- Pitcher
- Born: February 20, 1958 (age 68) Flemington, New Jersey, U.S.
- Batted: LeftThrew: Left

MLB debut
- May 25, 1985, for the Seattle Mariners

Last MLB appearance
- June 27, 1989, for the Oakland Athletics

MLB statistics
- Win–loss record: 1–2
- Earned run average: 6.75
- Strikeouts: 24
- Stats at Baseball Reference

Teams
- Seattle Mariners (1985); Oakland Athletics (1989);

= Brian Snyder =

American baseball player (born 1958)

Brian Robert Snyder (born February 20, 1958) is an American former professional baseball pitcher for the Seattle Mariners and Oakland Athletics of Major League Baseball (MLB).

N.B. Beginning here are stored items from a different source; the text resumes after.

// What holds of every net, whatever its local states and parcels are, where no send has to wait for
// room, and where one has.
ghost use Rattle.pyr_calm.specs.Calm.{GreatestLengthIsTold, EnoughRoomNeverWaits, LessRoomWaits, OneGreatestLength};
ghost use Rattle.pyr_calm.specs.Capacities.{CalmNeverWaits, LowerWaits, OneIsCalm};
ghost use Rattle.pyr_calm.specs.Passages.{PassagesTell};
ghost use Rattle.pyr_calm.specs.Viewers.{OnePassServesAll};

/// Where no send ever waits and some run from empty lists comes to an end, that run alone tells the
/// greatest length of each list over all reached states: over the sends into it, the greatest
/// number of sends so far less the takes that the sender has heard of (a clock: Lamport, 1978).
pub fn greatest_length_is_told<L, P>()
    ensures { GreatestLengthIsTold L P }
{}

/// With room for the greatest length of each list, a net in which no send waits has the same runs,
/// and still no send waits.
pub fn enough_room_never_waits<L, P>()
    ensures { EnoughRoomNeverWaits L P }
{}

/// With less room for one list than its greatest length, some send waits in some interleaving,
/// whatever room the other lists have.
pub fn less_room_waits<L, P>()
    ensures { LessRoomWaits L P }
{}

/// A list has one greatest length.
pub fn one_greatest_length<L, P>()
    ensures { OneGreatestLength L P }
{}

/// Of that run its sends and takes alone tell the greatest length, in one pass with one number for
/// each actor and each parcel on its way.
pub fn passages_tell<L, P>()
    ensures { PassagesTell L P }
{}

/// One pass for a receiver tells of each of its senders what the pass for that channel tells.
pub fn one_pass_serves_all()
    ensures { OnePassServesAll }
{}

/// With its calm capacities a good bundle is good, and no send ever waits, in whatever frame and
/// interleaving.
pub fn calm_capacities_never_wait()
    ensures { CalmNeverWaits }
{}

/// With one calm capacity of at least 2 lowered by one, and the others as they are, some send waits
/// in some interleaving.
pub fn lower_capacities_wait()
    ensures { LowerWaits }
{}

/// A bundle has one list of calm capacities.
pub fn one_list_is_calm()
    ensures { OneIsCalm }
{}
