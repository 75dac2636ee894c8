// A parcel that goes into a list, or out of one.
ghost use Rattle.std.specs.Prelude.{◌≡◌, ◌++◌, OnOk};
ghost use Rattle.pyr_calm.specs.Passages.{passage_by};

use pyr_net::Action;
use std::alloc::AllocError;

/// A parcel that goes into the list from one actor to another, or out of it.
#[derive(Clone, Copy)]
pub enum Passage {
    /// The actor `from` sends a parcel to the actor `to`.
    Send { from: u32, to: u32 },
    /// The actor `to` takes a parcel that comes from the actor `from`.
    Take { from: u32, to: u32 },
}

// Writes down what goes into a list or out of one where actor p does this.
pub(crate) fn note(passages: &mut Vec<Passage>, p: u32, action: Action) -> Result<(), AllocError>
    ensures { OnOk result (passages.new.items ≡ passages.old.items ++ passage_by p action) }
{
    match action {
        Action::Send { to } => passages.push(Passage::Send { from: p, to })?,
        Action::Take { from } => passages.push(Passage::Take { from, to: p })?,
        Action::Internal | Action::Ended | Action::Lacks => {}
    }
    Ok(())
}
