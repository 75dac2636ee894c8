//! From task bodies to stack code that means the same. `specs/Generated.antt` says which code a
//! body gets, and `generate` makes it.
#![tactic(auto)]

mod generation;
mod laws;

pub use generation::generate;
pub use laws::{code_of_a_body_is_verified, code_runs_as_its_body};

The Texas Rangers selected Snyder in the 16th round of the 1976 MLB draft from Chantilly High School in Chantilly, Virginia, but he did but sign. He played college baseball for the Clemson Tigers. He threw a no-hitter against the UNC Wilmington Seahawks in 1977 and pitched for the U.S. national team in the 1979 Pan American Games.

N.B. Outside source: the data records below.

//! Calm capacities: the least capacities of a bundle's channels with which no send ever waits, told by
//! one run. They are the greatest lengths of a net's lists over all interleavings in which no send
//! waits.
#![tactic(auto)]

mod capacities;
mod course;
mod laws;
mod passage;
mod viewer;
mod watching;

pub use capacities::{calm, calmed};
pub use laws::{
    calm_capacities_never_wait, enough_room_never_waits, greatest_length_is_told, less_room_waits,
    lower_capacities_wait, one_greatest_length, one_list_is_calm, one_pass_serves_all,
    passages_tell,
};
pub use passage::Passage;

The Mariners selected Snyder in the seventh round of the 1979 MLB draft. He became a relief pitcher in 1981, then reached Triple-A in 1982. He made his MLB debut in May 1985, pitching in 15 games, including six starts, for Seattle.

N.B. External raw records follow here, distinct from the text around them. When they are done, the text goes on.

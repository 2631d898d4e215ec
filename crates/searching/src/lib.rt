// A search that is begun, moved on by an amount and finished, while lines may be added to the record. Between the calls it stands in the work area
// alone: begin takes what it needs of lines and pattern into the area, and move and finish see neither.
#![tactic(auto)]

ghost use Rattle.std.specs.Prelude.{◌≡◌, ◌+◌, ◌*◌, ◌≤◌, ◌<◌, length};
ghost use Rattle.meaning.specs.Windows.{plain};
ghost use Rattle.meaning.specs.Request.{ask_search};
ghost use Rattle.windows.specs.Promise.{options_shown};
ghost use Rattle.finder.specs.Promise.{find_reply};
ghost use Rattle.holding.specs.Holding.{tables_at, Sound};
ghost use Rattle.stepping.specs.Stepping.{Standing};
ghost use Rattle.searching.specs.Promise.{begin_reply, begun_told, begun_after, move_reply, Moving, Finishing};
ghost use Rattle.searching.specs.Searching.{front_of, ReadyToBegin, BegunIn, TurnedBy, MovedIn, ReadOut, FinishedIn};

use holding::{Counters, SearchState};
use refusals::{OutputError, Refusal};
use request::{Plan, TABLES};
use stepping::Going;
use windows::Options;

// ---- begin

// The pattern's bytes, a word each.
fn put_bytes(pattern: &[u8], part: &mut [u32])
    requires { length part.old ≡ length pattern.now }
    ensures { part.new ≡ pattern.now }
{
    for (i, &byte) in pattern.iter().enumerate() {
        part[i] = u32::from(byte);
    }
}

// The numbers that stay, in front of the area, and the pattern's bytes.
fn put_front(work: &mut [u32], plan: Plan, from: usize, pattern: &[u8])
    requires tables_at_in_bounds { (tables_at ≤ length work.old) × (length pattern.now ≤ 192) }
    requires radix_bound { (plan.radix < 4294967296) × (plan.places < 4294967296) × (plan.lines < 4294967296) × (from < 4294967296) }
    ensures { work.new ≡ front_of plan from pattern.now work.old }
{
    let numbers = [
        plan.radix as u32,
        plan.places as u32,
        plan.lines as u32,
        from as u32,
        pattern.len() as u32,
    ];
    work[..5].copy_from_slice(&numbers);
    put_bytes(pattern, &mut work[17..17 + pattern.len()]);
}

// The goal is found, and nothing is taken up. The record is loaded, and every other word is 0.
fn begin_loaded(work: &mut [u32], plan: Plan, pattern: &[u8], from: usize, to: usize)
    requires { ReadyToBegin pattern.now plan from to work.old }
    ensures { BegunIn pattern.now plan from to work.old work.new }
{
    let mut program: [u64; 128] = [0; 128];
    let begin = compiler::compile(pattern, &mut program);
    let goal = states::state_at(plan, to, plan.done, 0);
    let found = area::push_if_new(work, plan.base, plan.size, 1, goal, 0);
    let at = Counters {
        phase: 0,
        expanded: 0,
        found: found as u32,
        far: 0,
        rest: 0,
        chosen: 0,
        noted: 0,
    };
    let begun = stepping::settle(work, SearchState { plan, from, at }, begin);
    put_front(work, plan, from, pattern);
    begun.at.put_back(work);
}

// All questions up to 17, where 17 asks for three more words for each line. Lines and pattern are taken into the area, and no state is taken up. The
// area stays untouched where a question is answered no.
pub fn begin_search_with(
    day: &[u8],
    pattern: &[u8],
    from: u16,
    to: u16,
    options: Options,
    work: &mut [u32],
) -> Result<(), Refusal>
    ensures reply { begin_reply result ≡ begun_told (ask_search day.now pattern.now from to (options_shown options) (length work.old)) }
    ensures workspace { work.new ≡ begun_after (ask_search day.now pattern.now from to (options_shown options) (length work.old)) pattern.now from to work.old }
{
    let mut numbers: [u16; 4096] = [0; 4096];
    let plan = request::ask_search(day, pattern, from, to, options, work.len(), &mut numbers)?;
    request::clear(work);
    request::load(day, plan, &numbers, options, work);
    begin_loaded(work, plan, pattern, usize::from(from), usize::from(to));
    Ok(())
}

// The same for the whole day.
pub fn begin_search(
    day: &[u8],
    pattern: &[u8],
    from: u16,
    to: u16,
    work: &mut [u32],
) -> Result<(), Refusal>
    ensures reply { begin_reply result ≡ begun_told (ask_search day.now pattern.now from to plain (length work.old)) }
    ensures workspace { work.new ≡ begun_after (ask_search day.now pattern.now from to plain (length work.old)) pattern.now from to work.old }
{
    begin_search_with(day, pattern, from, to, windows::whole_day(), work)
}

// ---- move

// How many turns end every search of the size.
fn all_turns(size: usize) -> usize
    requires { size ≤ 1048576 }
    ensures { result ≡ 2 * size + 2 }
{
    2 * size + 2
}

// The search moved on by so many turns. The pattern's automaton stands in this function's frame.
fn turned(work: &mut [u32], s: SearchState, pattern: &[u8], turns: usize) -> Going
    requires { Sound work.old pattern.now s }
    ensures { TurnedBy s pattern.now turns work.old result work.new }
{
    let mut program: [u64; 128] = [0; 128];
    let begin = compiler::compile(pattern, &mut program);
    let going = Going {
        state: s,
        left: turns,
    };
    going.moved(work, &program, begin)
}

// The search moved on and put back. Returns how many states were taken up.
fn move_taken(work: &mut [u32], s: SearchState, pattern: &[u8], amount: usize) -> usize
    requires { Sound work.old pattern.now s }
    ensures { MovedIn s pattern.now amount work.old result work.new }
{
    let plan = s.plan;
    let many = amount.min(all_turns(plan.size));
    let moved = turned(work, s, pattern, many);
    area::clear_stretch(
        work,
        plan.base + 4 * plan.size,
        plan.places + 1 + plan.lines,
    );
    moved.state.at.put_back(work);
    many - moved.left
}

// Takes up so many states of the search that the area holds, or all that remain, and says how many. Where the area holds none, or its words were
// altered so that they are no search, the reply is 26 and no word changes.
pub fn move_search(work: &mut [u32], amount: usize) -> Result<usize, Refusal>
    ensures { Moving amount work.old (move_reply result) work.new }
{
    if work.len() < TABLES {
        return Err(Refusal::NoSearch);
    }
    let mut bytes: [u8; 192] = [0; 192];
    let long = holding::pattern_bytes(work, &mut bytes);
    let pattern = &bytes[..long];
    let s = holding::taken_out(work, pattern).ok_or(Refusal::NoSearch)?;
    Ok(move_taken(work, s, pattern, amount))
}

// ---- finish

// The length of the chain by the marks, if the search has one. The chain is written where the output holds it.
fn read_out(work: &[u32], s: SearchState, out: &mut [u16]) -> Option<usize>
    requires { Standing s work.now }
    ensures { ReadOut s work.now out.old result out.new }
{
    let at = s.at;
    if at.phase != 1 {
        return None;
    }
    let length = at.far.checked_sub(1)? as usize;
    if out.len() < length {
        return Some(length);
    }
    readout::chain_out(work, s.plan, at.found as usize, at.far as usize, out);
    Some(length)
}

// The rest is taken up, and the chain read out.
fn finish_taken(work: &mut [u32], s: SearchState, pattern: &[u8], out: &mut [u16]) -> Option<usize>
    requires { Sound work.old pattern.now s }
    ensures { FinishedIn s pattern.now work.old out.old result out.new }
{
    let moved = turned(work, s, pattern, all_turns(s.plan.size));
    read_out(work, moved.state, out)
}

// Takes up what remains of the search that the area holds, and replies as the finder does for the record at the beginning; the area is all zeros then.
// Where the area holds none, or its words were altered so that they are no search, the reply is 26 and nothing changes.
pub fn finish_search(work: &mut [u32], out: &mut [u16]) -> Result<Option<usize>, OutputError>
    ensures { Finishing work.old out.old (find_reply result) work.new out.new }
{
    if work.len() < TABLES {
        return Err(OutputError::Refused(Refusal::NoSearch));
    }
    let mut bytes: [u8; 192] = [0; 192];
    let long = holding::pattern_bytes(work, &mut bytes);
    let pattern = &bytes[..long];
    let s = holding::taken_out(work, pattern).ok_or(Refusal::NoSearch)?;
    let length = finish_taken(work, s, pattern, out);
    request::clear(work);
    finder::answered(length, out.len())
}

After his debut MLB season, Snyder returned to the minors, signing with the San Diego Padres ahead of the 1986 season. Two seasons later, he signed with the Athletics, pitching his seventh year in the Triple-A Pacific Coast League in 1988. Snyder returned to the majors with Oakland in 1989, allowing two runs in 2/3 of an inning. He pitched a final season in Triple-A in 1990.

== Personal life ==
Snyder's son, Brandon Snyder, played in MLB from 2010 to 2018. His nephew, Madison Younginer, pitched in MLB in 2016.

Snyder mentored Bobby Wahl while Wahl attended high school.